### TRY IT
Every line below that mentions the word "more" should be copied out.

### Collected data
____
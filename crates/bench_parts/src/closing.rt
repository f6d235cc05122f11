//! A large session as it was when it closed.
ghost use Rattle.std.specs.Prelude.{◌≡◌, ◌<◌, IfOk, length, All};
ghost use Rattle.row_words.specs.Belonging.{Belongs};
ghost use Rattle.ps_report.specs.Conditions.{IsClosedOf, HoldsRow, HoldRows};

use arrayvec::ArrayVec;
use bench_base::Unmeasured;
use dataset_meta::Meta;
use ps_config::{Config, ReaderPart, WriterPart};
use ps_report::{
    Break, Closed, GroupEnd, HeldEnd, History, LinkEnd, Parts, ReadGroupEnd, ReaderEnd, State,
    WatchEnd, Why, WriterEnd,
};
use row_words::Row;
use std::alloc::Global;

/// How many versions each data set has, log entries each writer, and looks each watch line.
#[derive(Clone, Copy)]
pub struct Sizes {
    pub versions: u32,
    pub entries: u32,
    pub looks: u32,
}

/// The session of a configuration with one group and one read group: all is operational, and each reader holds zeros.
pub fn closed_of(alloc: Global, config: &Config, sizes: &Sizes) -> Result<Closed, Unmeasured>
    ensures { IfOk result (IsClosedOf config.now) }
{
    let [group] = config.group.as_slice() else {
        return Err(Unmeasured);
    };
    let [read_group] = config.readgroup.as_slice() else {
        return Err(Unmeasured);
    };
    let sets = config.dataset.as_slice();
    let readers = readers(alloc, sets, read_group.reader.as_slice())?;
    Ok(Closed {
        histories: histories(alloc, sets, sizes.versions)?,
        groups: one(alloc, group_end(sizes.entries))?,
        writers: writers(alloc, group.writer.as_slice(), sizes.entries)?,
        read_groups: one(alloc, read_group_end(sizes.entries))?,
        watches: watches(alloc, readers.as_slice(), sizes.looks)?,
        readers,
        link: link(sizes.entries),
    })
}

fn one<T: Drop>(alloc: Global, end: T) -> Result<Parts<T>, Unmeasured>
    ensures { IfOk result (λ ends. length ends ≡ 1) }
{
    let mut ends = Vec::new(alloc);
    ends.push(end)?;
    Ok(Parts::new(ends))
}

fn histories(alloc: Global, sets: &[Meta], versions: u32) -> Result<Parts<History>, Unmeasured>
    ensures { IfOk result (λ ends. length ends ≡ length sets.now) }
{
    let mut ends = Vec::new(alloc);
    for _set in sets {
        let threads = threads(alloc, versions)?;
        ends.push(History { threads })?;
    }
    Ok(Parts::new(ends))
}

/// Eight threads by turns.
fn threads(alloc: Global, versions: u32) -> Result<Parts<u8>, Unmeasured> {
    let mut threads = Vec::new(alloc);
    for version in 0..versions {
        threads.push((version % 8) as u8)?;
    }
    Ok(Parts::new(threads))
}

fn group_end(entries: u32) -> GroupEnd {
    GroupEnd {
        state: State::Operational,
        sent: u64::from(entries),
    }
}

fn writers(
    alloc: Global,
    parts: &[WriterPart],
    entries: u32,
) -> Result<Parts<WriterEnd>, Unmeasured>
    ensures { IfOk result (λ ends. length ends ≡ length parts.now) }
{
    let mut ends = Vec::new(alloc);
    for _part in parts {
        let log = log(alloc, entries)?;
        ends.push(WriterEnd {
            state: State::Operational,
            log,
        })?;
    }
    Ok(Parts::new(ends))
}

/// Eight versions more at each place.
fn log(alloc: Global, entries: u32) -> Result<Parts<(u64, u64)>, Unmeasured> {
    let mut log = Vec::new(alloc);
    for entry in 0..entries {
        let place = u64::from(entry);
        log.push((place, place.wrapping_mul(8)))?;
    }
    Ok(Parts::new(log))
}

fn read_group_end(taken: u32) -> ReadGroupEnd {
    ReadGroupEnd {
        state: State::Operational,
        taken: u64::from(taken),
        causes: [0; 20],
    }
}

fn readers(
    alloc: Global,
    sets: &[Meta],
    parts: &[ReaderPart],
) -> Result<Parts<ReaderEnd>, Unmeasured>
    ensures { IfOk result (HoldRows sets.now parts.now) }
{
    let mut ends = Vec::new(alloc);
    for part in parts {
        let end = reader(sets, part)?;
        ends.push(end)?;
    }
    Ok(Parts::new(ends))
}

fn reader(sets: &[Meta], part: &ReaderPart) -> Result<ReaderEnd, Unmeasured>
    ensures { IfOk result (HoldsRow sets.now part.now) }
{
    let Some(meta) = sets.get(usize::from(part.dataset)) else {
        return Err(Unmeasured);
    };
    Ok(ReaderEnd {
        state: State::Operational,
        held: Some(HeldEnd {
            number: Some(4096),
            version: Some(32_768),
            row: opening(meta),
        }),
        why: Why::Start,
        breaks: 1000,
        recent: breaks(),
    })
}

fn opening(meta: &Meta) -> Row
    ensures { Belongs meta.now result.words }
{
    let _fields = meta.fields();
    Row::opening()
}

fn breaks() -> ArrayVec<Break, 8> {
    let one = Break {
        expected: 40_000,
        got: 40_002,
    };
    ArrayVec::from([one; 8])
}

/// 64 watch lines of the first reader.
fn watches(alloc: Global, readers: &[ReaderEnd], looks: u32) -> Result<Parts<WatchEnd>, Unmeasured>
    ensures { IfOk result (All (λ end. end.reader < length readers.now)) }
{
    if readers.is_empty() {
        return Err(Unmeasured);
    }
    let mut ends = Vec::new(alloc);
    for line in 0..64u8 {
        let counts = counts(alloc, looks)?;
        ends.push(WatchEnd {
            thread: line / 8,
            reader: 0,
            counts,
        })?;
    }
    Ok(Parts::new(ends))
}

/// Four stores more at each look.
fn counts(alloc: Global, looks: u32) -> Result<Parts<u64>, Unmeasured> {
    let mut counts = Vec::new(alloc);
    for look in 0..looks {
        counts.push(u64::from(look).wrapping_mul(4))?;
    }
    Ok(Parts::new(counts))
}

fn link(sent: u32) -> LinkEnd {
    let sent = u64::from(sent);
    LinkEnd {
        sent,
        failed: 0,
        received: sent,
        broken: 0,
        long: 0,
        limit: 0,
    }
}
____
### FINISHED TASK
/// Eight versions more at each place.
/// Four stores more at each look.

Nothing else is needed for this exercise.